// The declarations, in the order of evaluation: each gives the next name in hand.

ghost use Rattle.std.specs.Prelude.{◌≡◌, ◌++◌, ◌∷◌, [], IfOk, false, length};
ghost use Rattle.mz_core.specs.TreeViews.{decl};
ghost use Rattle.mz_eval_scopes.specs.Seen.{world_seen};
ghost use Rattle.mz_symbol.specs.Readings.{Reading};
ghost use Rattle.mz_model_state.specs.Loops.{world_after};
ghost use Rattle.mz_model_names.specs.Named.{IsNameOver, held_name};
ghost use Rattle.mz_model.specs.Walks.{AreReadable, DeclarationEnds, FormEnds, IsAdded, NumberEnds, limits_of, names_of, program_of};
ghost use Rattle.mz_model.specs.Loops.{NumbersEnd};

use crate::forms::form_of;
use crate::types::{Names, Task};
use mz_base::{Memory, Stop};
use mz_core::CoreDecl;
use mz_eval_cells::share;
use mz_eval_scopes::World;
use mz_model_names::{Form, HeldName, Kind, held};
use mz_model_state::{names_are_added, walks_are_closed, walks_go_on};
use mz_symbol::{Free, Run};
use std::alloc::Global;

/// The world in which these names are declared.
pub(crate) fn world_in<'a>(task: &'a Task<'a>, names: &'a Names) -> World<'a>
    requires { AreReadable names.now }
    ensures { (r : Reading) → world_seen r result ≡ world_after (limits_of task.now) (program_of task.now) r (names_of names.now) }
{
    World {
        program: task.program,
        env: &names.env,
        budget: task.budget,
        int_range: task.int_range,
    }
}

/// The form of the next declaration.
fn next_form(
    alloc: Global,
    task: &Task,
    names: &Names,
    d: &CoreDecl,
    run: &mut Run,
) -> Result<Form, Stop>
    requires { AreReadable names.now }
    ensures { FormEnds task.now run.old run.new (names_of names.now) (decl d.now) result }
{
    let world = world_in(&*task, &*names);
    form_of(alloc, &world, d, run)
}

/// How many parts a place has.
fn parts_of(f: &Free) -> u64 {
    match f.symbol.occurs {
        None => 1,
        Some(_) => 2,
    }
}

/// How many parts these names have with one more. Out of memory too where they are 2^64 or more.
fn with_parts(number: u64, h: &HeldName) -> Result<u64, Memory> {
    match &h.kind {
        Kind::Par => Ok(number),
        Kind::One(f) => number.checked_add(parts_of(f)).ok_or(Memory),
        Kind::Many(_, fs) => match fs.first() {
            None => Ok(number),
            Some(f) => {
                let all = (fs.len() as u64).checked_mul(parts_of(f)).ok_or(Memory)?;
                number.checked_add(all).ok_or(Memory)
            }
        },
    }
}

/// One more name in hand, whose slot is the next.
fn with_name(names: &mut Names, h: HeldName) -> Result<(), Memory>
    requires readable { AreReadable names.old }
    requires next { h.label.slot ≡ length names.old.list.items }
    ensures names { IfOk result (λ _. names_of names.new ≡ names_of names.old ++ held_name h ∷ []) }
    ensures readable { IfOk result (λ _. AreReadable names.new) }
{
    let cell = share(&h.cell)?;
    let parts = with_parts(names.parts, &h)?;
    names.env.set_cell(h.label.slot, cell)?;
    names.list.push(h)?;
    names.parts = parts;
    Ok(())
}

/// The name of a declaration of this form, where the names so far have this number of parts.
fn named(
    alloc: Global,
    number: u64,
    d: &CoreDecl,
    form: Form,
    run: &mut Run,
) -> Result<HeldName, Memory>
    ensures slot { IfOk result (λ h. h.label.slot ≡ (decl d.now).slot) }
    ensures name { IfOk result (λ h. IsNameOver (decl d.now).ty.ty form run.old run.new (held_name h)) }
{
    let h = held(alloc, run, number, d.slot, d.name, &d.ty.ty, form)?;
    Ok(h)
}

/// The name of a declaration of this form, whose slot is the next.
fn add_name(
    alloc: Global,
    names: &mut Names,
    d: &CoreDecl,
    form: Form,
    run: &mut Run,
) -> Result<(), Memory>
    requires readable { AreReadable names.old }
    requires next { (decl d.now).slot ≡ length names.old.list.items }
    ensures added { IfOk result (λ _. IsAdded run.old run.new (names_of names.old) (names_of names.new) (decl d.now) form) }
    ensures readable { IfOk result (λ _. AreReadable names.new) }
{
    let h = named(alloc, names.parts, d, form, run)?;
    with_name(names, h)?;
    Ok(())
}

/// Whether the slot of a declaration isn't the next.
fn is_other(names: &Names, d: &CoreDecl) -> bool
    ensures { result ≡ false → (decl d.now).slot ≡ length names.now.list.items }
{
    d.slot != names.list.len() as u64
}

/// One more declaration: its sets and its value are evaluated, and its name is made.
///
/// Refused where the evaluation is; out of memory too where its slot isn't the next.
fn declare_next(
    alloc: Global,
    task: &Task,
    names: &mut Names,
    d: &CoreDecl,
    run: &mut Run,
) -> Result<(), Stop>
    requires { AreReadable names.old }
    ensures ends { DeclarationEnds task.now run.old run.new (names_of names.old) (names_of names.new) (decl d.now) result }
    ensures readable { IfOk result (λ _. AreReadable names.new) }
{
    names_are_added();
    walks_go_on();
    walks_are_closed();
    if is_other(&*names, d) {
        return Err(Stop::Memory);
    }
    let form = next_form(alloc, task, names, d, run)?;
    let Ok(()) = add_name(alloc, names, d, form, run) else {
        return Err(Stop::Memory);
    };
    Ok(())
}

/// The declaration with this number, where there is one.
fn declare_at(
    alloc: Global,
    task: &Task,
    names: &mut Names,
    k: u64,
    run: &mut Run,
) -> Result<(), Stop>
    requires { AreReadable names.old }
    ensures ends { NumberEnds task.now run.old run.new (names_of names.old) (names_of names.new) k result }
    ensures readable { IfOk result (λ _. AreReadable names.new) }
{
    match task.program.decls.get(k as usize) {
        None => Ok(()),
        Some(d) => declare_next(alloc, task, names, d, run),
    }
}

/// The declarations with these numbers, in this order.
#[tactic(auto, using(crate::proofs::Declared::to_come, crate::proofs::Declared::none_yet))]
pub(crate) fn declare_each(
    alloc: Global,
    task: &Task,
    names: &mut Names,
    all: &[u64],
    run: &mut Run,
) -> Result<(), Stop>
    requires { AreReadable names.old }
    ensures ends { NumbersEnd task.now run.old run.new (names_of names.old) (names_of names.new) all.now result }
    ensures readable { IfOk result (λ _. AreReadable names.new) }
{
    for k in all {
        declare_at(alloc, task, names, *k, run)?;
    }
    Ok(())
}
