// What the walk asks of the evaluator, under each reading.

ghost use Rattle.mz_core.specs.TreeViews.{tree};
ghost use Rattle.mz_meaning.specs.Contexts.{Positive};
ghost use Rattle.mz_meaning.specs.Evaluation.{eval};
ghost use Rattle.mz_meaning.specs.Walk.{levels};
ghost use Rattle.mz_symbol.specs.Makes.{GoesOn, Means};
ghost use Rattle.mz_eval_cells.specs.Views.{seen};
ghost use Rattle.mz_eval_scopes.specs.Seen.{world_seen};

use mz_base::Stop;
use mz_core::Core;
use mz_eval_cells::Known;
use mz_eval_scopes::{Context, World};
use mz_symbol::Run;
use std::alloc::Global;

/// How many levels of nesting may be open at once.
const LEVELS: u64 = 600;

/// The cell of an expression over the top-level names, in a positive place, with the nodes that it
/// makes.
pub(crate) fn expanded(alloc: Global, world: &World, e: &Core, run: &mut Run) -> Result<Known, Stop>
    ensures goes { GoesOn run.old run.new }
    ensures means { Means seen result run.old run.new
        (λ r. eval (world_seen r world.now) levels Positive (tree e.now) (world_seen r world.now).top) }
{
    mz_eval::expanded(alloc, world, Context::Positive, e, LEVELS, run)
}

- - - -

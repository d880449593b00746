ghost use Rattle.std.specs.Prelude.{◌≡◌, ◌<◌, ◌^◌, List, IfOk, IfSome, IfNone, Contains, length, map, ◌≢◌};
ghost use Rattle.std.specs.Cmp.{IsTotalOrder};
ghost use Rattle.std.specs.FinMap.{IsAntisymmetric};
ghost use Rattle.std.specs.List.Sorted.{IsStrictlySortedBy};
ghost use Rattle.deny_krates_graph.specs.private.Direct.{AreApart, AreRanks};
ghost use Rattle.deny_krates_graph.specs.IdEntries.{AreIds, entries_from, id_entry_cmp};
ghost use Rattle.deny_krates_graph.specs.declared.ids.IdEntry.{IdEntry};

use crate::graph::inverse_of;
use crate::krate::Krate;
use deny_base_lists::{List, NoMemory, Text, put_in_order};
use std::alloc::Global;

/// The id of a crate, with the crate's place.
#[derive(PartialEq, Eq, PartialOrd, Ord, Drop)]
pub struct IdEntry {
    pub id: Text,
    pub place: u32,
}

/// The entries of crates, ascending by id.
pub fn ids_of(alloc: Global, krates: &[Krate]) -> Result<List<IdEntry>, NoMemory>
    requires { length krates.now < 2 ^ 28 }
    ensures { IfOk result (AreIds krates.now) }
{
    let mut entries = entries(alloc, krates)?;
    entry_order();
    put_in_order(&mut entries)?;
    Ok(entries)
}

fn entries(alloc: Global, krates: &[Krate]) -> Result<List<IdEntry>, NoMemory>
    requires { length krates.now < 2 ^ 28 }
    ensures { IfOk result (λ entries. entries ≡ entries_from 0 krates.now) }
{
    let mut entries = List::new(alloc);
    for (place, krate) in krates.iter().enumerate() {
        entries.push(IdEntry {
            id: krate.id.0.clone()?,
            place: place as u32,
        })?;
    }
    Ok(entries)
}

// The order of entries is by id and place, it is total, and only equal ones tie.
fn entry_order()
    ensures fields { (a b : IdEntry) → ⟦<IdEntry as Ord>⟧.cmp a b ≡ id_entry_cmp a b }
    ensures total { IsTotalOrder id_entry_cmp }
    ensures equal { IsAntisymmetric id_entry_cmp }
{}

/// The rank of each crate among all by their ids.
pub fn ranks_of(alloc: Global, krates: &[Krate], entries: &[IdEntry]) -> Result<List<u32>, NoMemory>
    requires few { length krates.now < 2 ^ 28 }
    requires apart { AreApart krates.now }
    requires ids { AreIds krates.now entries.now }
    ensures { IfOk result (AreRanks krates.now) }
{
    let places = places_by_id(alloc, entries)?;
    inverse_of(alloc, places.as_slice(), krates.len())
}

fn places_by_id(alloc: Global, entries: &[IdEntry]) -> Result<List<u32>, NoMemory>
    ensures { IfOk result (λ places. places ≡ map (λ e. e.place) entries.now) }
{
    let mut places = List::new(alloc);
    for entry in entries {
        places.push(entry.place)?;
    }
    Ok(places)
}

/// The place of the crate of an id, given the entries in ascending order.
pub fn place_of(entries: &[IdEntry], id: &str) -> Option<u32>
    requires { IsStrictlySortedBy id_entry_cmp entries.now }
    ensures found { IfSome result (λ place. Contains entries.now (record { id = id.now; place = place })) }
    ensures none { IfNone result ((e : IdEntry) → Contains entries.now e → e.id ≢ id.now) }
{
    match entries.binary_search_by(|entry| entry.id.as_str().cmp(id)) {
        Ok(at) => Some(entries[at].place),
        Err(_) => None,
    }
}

- - - -

Action item -
Count every line in the data that contains the word "IdEntry", then give that count and nothing else.

Written answer -
10